Infer.NET user guide : Learners : Bayes Point Machine classifiers : The Learner API
Once a Bayes Point Machine classifier is instantiated and set up, it is trivial to train. Let's imagine your training data lives in an object called trainingSet of type SqlInstanceSource and provides both features and ground truth labels. Let's further imagine you have already implemented the native data format mapping for SqlInstanceSource. Then, to train the Bayes Point Machine classifier on trainingSet, we write
Sometimes features and ground truth labels live in different objects. Let's say the labels are given by an instance of SqlLabelSource called trainingSetLabels and SqlInstanceSource only provides the corresponding features (via trainingSetFeatures). Given the appropriate mapping for SqlInstanceSource and SqlLabelSource, training looks as follows:
At this point, the classifier will call the mapping methods to obtain the instances, features and labels of the training set. Then, it will create and run the Infer.NET message-passing algorithm. At this stage, the Infer.NET compiler would typically generate the training algorithm from the underlying probabilistic model. In the Bayes Point Machine classifiers, however, all inference algorithms are precompiled for fast execution of both training and prediction.
Very often, new training data becomes available only after one has trained a classifier. Often, this happens repeatedly, meaning the classifier needs to be trained again and again. The naive approach to this problem is to merge all available training data and train a classifier on larger and larger training sets. Such an approach is very costly, of course.
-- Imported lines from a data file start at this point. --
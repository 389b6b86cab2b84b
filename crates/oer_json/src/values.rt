//! Values of every type: lists, sequences, sets and choices, and what is in them (X.696, 16 to 20).
ghost use Rattle.oer_json.specs.Readings.{Puts, reading_of};

use crate::components::{
    Member, UNKNOWN, alternative_of, check_members, has_any_of, is_extensible, member, members_of,
};
use crate::hexadecimal::hexadecimal;
use crate::json::Json;
use crate::leaves::put_leaf;
use crate::refusals::{Fault, Misfit, Step};
use crate::tables::{Part, Tables};
use asn1_core::{Class, Tag};
use oer_leaf_write::{write_bitmap, write_content, write_preamble, write_quantity, write_tag};
use oer_walk::Kind;
use std::alloc::Global;

/// The table that values are written by.
#[derive(Clone, Copy)]
pub struct Source<'t> {
    pub alloc: Global,
    pub tables: &'t Tables,
}

/// What parts come to: which are there, and their octets.
#[derive(Drop)]
struct Written {
    bits: Vec<bool>,
    octets: Vec<u8>,
}

impl Written {
    fn new(alloc: Global) -> Written {
        Written {
            bits: Vec::new(alloc),
            octets: Vec::new(alloc),
        }
    }

    /// An addition, behind its length if it is there.
    fn push_addition(&mut self, addition: Option<Vec<u8>>) -> Result<(), Fault> {
        self.bits.push(addition.is_some())?;
        match addition {
            Some(octets) => Ok(write_content(octets.as_slice(), &mut self.octets)?),
            None => Ok(()),
        }
    }

    /// Whether none is there.
    fn is_empty(&self) -> bool {
        !self.bits.iter().any(|bit| *bit)
    }
}

/// Appends a value of the type with that number. Each list, sequence and choice takes a level.
#[cycle(values)]
pub fn put_value(
    source: Source<'_>,
    type_number: u32,
    levels: u32,
    json: &Json,
    path: &mut Vec<Step>,
    out: &mut Vec<u8>,
) -> Result<(), Fault>
    ensures { Puts (reading_of source.entry.tables.now type_number json.now) result out.old.items out.new.items }
{
    let Some(kind) = source.tables.kind_of(type_number) else {
        return Err(Fault::Misfit(Misfit::UnknownType));
    };
    if !kind.has_parts() {
        return put_leaf(source.alloc, source.tables, type_number, kind, json, out);
    }
    if levels == 0 {
        return Err(Fault::Misfit(Misfit::TooDeep));
    }
    match kind {
        Kind::List => put_list(source, type_number, levels - 1, json, path, out),
        Kind::Sequence => put_sequence(
            source,
            type_number,
            levels - 1,
            members_of(json)?,
            path,
            out,
        ),
        _ => put_choice(source, type_number, levels - 1, json, path, out),
    }
}

/// The octets of a part that stands at that step.
#[cycle(values)]
fn octets_at(
    source: Source<'_>,
    step: Step,
    type_number: u32,
    levels: u32,
    json: &Json,
    path: &mut Vec<Step>,
) -> Result<Vec<u8>, Fault> {
    let mut octets = Vec::new(source.alloc);
    path.push(step)?;
    put_value(source, type_number, levels, json, path, &mut octets)?;
    let _step = path.pop();
    Ok(octets)
}

/// The octets of each element.
#[cycle(values)]
fn elements_of(
    source: Source<'_>,
    element: u32,
    levels: u32,
    items: &[Json],
    path: &mut Vec<Step>,
) -> Result<Vec<Vec<u8>>, Fault> {
    let mut elements = Vec::new(source.alloc);
    for (index, item) in items.iter().enumerate() {
        elements.push(octets_at(source, Step::Index(index), element, levels, item, path)?)?;
    }
    Ok(elements)
}

/// Appends each element's octets.
fn put_elements(elements: &[Vec<u8>], out: &mut Vec<u8>) -> Result<(), Fault> {
    for element in elements.iter() {
        out.extend_from_slice(element.as_slice())?;
    }
    Ok(())
}

/// Appends a list: a quantity, and the elements, of a SET OF in the order of their octets.
#[cycle(values)]
fn put_list(
    source: Source<'_>,
    type_number: u32,
    levels: u32,
    json: &Json,
    path: &mut Vec<Step>,
    out: &mut Vec<u8>,
) -> Result<(), Fault> {
    let Json::List(items) = json else {
        return Err(Fault::Misfit(Misfit::WrongSort("a list")));
    };
    let element = source.tables.word_of(type_number, 1);
    let mut elements = elements_of(source, element, levels, items.as_slice(), path)?;
    if source.tables.word_of(type_number, 0) == 1 {
        elements.sort()?;
    }
    write_quantity(elements.len(), out)?;
    put_elements(elements.as_slice(), out)
}

/// The class with that number in a table.
fn class_of(number: u32) -> Class {
    match number {
        0 => Class::Universal,
        1 => Class::Application,
        2 => Class::Context,
        _ => Class::Private,
    }
}

/// Appends a choice: a tag, and the alternative, past the root in an open type.
#[cycle(values)]
fn put_choice(
    source: Source<'_>,
    type_number: u32,
    levels: u32,
    json: &Json,
    path: &mut Vec<Step>,
    out: &mut Vec<u8>,
) -> Result<(), Fault> {
    let [(name, value)] = members_of(json)? else {
        return Err(Fault::Misfit(Misfit::WrongSort("an object of one member")));
    };
    let (part, is_open) = alternative_of(source.alloc, source.tables, type_number, name.as_str())?;
    let step = Step::Name(part.name);
    let octets = octets_at(source, step, part.type_number, levels, value, path)?;
    write_tag(
        Tag {
            class: class_of(part.class),
            value: part.number,
        },
        out,
    )?;
    if is_open {
        return Ok(write_content(octets.as_slice(), out)?);
    }
    Ok(out.extend_from_slice(octets.as_slice())?)
}

/// Whether octets are those of the value that a component has where it is absent.
#[cycle(values)]
fn is_default(
    source: Source<'_>,
    type_number: u32,
    index: usize,
    part: Part,
    levels: u32,
    octets: &[u8],
    path: &mut Vec<Step>,
) -> Result<bool, Fault> {
    let Some(value) = source.tables.default_of(type_number, index) else {
        return Ok(false);
    };
    let step = Step::Name(part.name);
    let default = octets_at(source, step, part.type_number, levels, value, path)?;
    Ok(default.as_slice() == octets)
}

/// The octets of a component; nothing where it is left out. Refused where it has to be there.
#[cycle(values)]
fn component_of(
    source: Source<'_>,
    type_number: u32,
    index: usize,
    levels: u32,
    members: &[Member],
    path: &mut Vec<Step>,
) -> Result<Option<Vec<u8>>, Fault> {
    let part = source.tables.component(type_number, index);
    let step = Step::Name(part.name);
    let name = source.tables.name(part.name).unwrap_or(UNKNOWN);
    let Some(value) = member(members, name) else {
        if part.may_be_absent {
            return Ok(None);
        }
        path.push(step)?;
        return Err(Fault::Misfit(Misfit::MissingComponent));
    };
    let octets = octets_at(source, step, part.type_number, levels, value, path)?;
    if is_default(
        source,
        type_number,
        index,
        part,
        levels,
        octets.as_slice(),
        path,
    )? {
        return Ok(None);
    }
    Ok(Some(octets))
}

/// The components of a root, and the presence bits of those that may be absent.
#[cycle(values)]
fn roots_of(
    source: Source<'_>,
    type_number: u32,
    levels: u32,
    members: &[Member],
    path: &mut Vec<Step>,
) -> Result<Written, Fault> {
    let mut written = Written::new(source.alloc);
    for index in 0..source.tables.count_of(type_number, 1) {
        let component = component_of(source, type_number, index, levels, members, path)?;
        if source.tables.component(type_number, index).may_be_absent {
            written.bits.push(component.is_some())?;
        }
        if let Some(octets) = component {
            written.octets.extend_from_slice(octets.as_slice())?;
        }
    }
    Ok(written)
}

/// The octets of a group of additions, which is a sequence; nothing where all its components are left out.
#[cycle(values)]
fn group_of(
    source: Source<'_>,
    group: u32,
    levels: u32,
    members: &[Member],
    path: &mut Vec<Step>,
) -> Result<Option<Vec<u8>>, Fault> {
    if !has_any_of(source.tables, group, members) {
        return Ok(None);
    }
    let written = roots_of(source, group, levels, members, path)?;
    if written.is_empty() && written.bits.len() == source.tables.count_of(group, 1) {
        return Ok(None);
    }
    let mut octets = Vec::new(source.alloc);
    write_preamble(written.bits.as_slice(), &mut octets)?;
    octets.extend_from_slice(written.octets.as_slice())?;
    Ok(Some(octets))
}

/// The octets of an addition of the table; nothing where it is left out.
#[cycle(values)]
fn addition_of(
    source: Source<'_>,
    type_number: u32,
    index: usize,
    levels: u32,
    members: &[Member],
    path: &mut Vec<Step>,
) -> Result<Option<Vec<u8>>, Fault> {
    let group = source.tables.component(type_number, index).type_number;
    if source.tables.is_group(group) {
        group_of(source, group, levels, members, path)
    } else {
        component_of(source, type_number, index, levels, members, path)
    }
}

/// Appends the additions that the table doesn't have, each right behind the one before it: octets of open types.
fn push_unknown(alloc: Global, members: &[Member], written: &mut Written) -> Result<(), Fault> {
    for it in members.iter() {
        if it.0.as_str() != UNKNOWN {
            continue;
        }
        written.push_addition(Some(hexadecimal(alloc, &it.1)?))?;
    }
    Ok(())
}

/// The additions, and the bits of those that the type has.
#[cycle(values)]
fn additions_of(
    source: Source<'_>,
    type_number: u32,
    levels: u32,
    members: &[Member],
    path: &mut Vec<Step>,
) -> Result<Written, Fault> {
    let mut written = Written::new(source.alloc);
    let roots = source.tables.count_of(type_number, 1);
    for index in 0..source.tables.count_of(type_number, 2) {
        let at = roots.saturating_add(index);
        let addition = addition_of(source, type_number, at, levels, members, path)?;
        written.push_addition(addition)?;
    }
    push_unknown(source.alloc, members, &mut written)?;
    Ok(written)
}

/// Appends a sequence or set: a preamble, the components of the root, and where there are some, a bitmap and the additions.
#[cycle(values)]
fn put_sequence(
    source: Source<'_>,
    type_number: u32,
    levels: u32,
    members: &[Member],
    path: &mut Vec<Step>,
    out: &mut Vec<u8>,
) -> Result<(), Fault> {
    check_members(source.alloc, source.tables, type_number, members)?;
    let roots = roots_of(source, type_number, levels, members, path)?;
    let additions = additions_of(source, type_number, levels, members, path)?;
    let mut preamble = Vec::new(source.alloc);
    if is_extensible(source.tables, type_number) {
        preamble.push(!additions.is_empty())?;
    }
    preamble.extend_from_slice(roots.bits.as_slice())?;
    write_preamble(preamble.as_slice(), out)?;
    out.extend_from_slice(roots.octets.as_slice())?;
    if !additions.is_empty() {
        write_bitmap(additions.bits.as_slice(), out)?;
        out.extend_from_slice(additions.octets.as_slice())?;
    }
    Ok(())
}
Alternatively, one may train the classifier incrementally. Incremental training sequentially updates the classifier, using only the newly available information. It hence is a very efficient way to learn as it does not require to revisit previously seen data. In fact, this is a simple consequence of Bayes's theorem, which essentially tells us how to update our belief about a quantity of interest in the light of evidence.
More concretely, you call
to incrementally train a Bayes Point Machine classifier on a new training set otherTrainingSet. Obviously, you can repeat this process every time new labelled data becomes available. The only caveat is that the feature set is determined by the mapping and cannot be changed during training. This means that features which were unknown when the classifier was created will be ignored later on during incremental training.
Batched training allows learning from data which is split into batches, mutually exclusive and collectively exhaustive subsets of training set instances. Since it is possible to learn from a batch of instances at a time, batching limits memory consumption and makes it possible to learn from very large datasets.
In contrast to incremental training, which does not revisit training sets, batched training assumes the availability of all batches at training time and cycles through all of them in each iteration of the training algorithm. While this guarantees that batched and conventional training arrive at precisely the same results, this comes at a price: Batches usually need to be moved in and out of memory, which is computationally costly. In addition, the training algorithms of the Bayes Point Machine classifiers need to reconstruct messages every time a batch is switched, which is often even more expensive. For these reasons it is recommended to avoid batched training, if possible.
To switch to batched training, simply change the default value of the BatchCount setting prior to training (or incremental training). To disable batched training, set BatchCount back to 1.
Of course, it is possible change both the IterationCount and the BatchCount settings between individual training runs. This means you can run 20 iterations of batched incremental training after 100 iterations of non-batched incremental training, say!
The evidence or marginal likelihood is a measure of how likely the data is under the given the model. Model evidence is hence extensively used to compare or select models. In contrast to other approaches, evidence computation does not require a hold-out set for validation purposes, but can be computed for the training set.
To compute model evidence, you need to activate the ComputeModelEvidence setting prior to training:
Then, after training,
will get you the natural logarithm of the model evidence (for the specified training set). Note that model evidence can only be computed for the first training run and not during incremental training. It can be computed during batched training, however.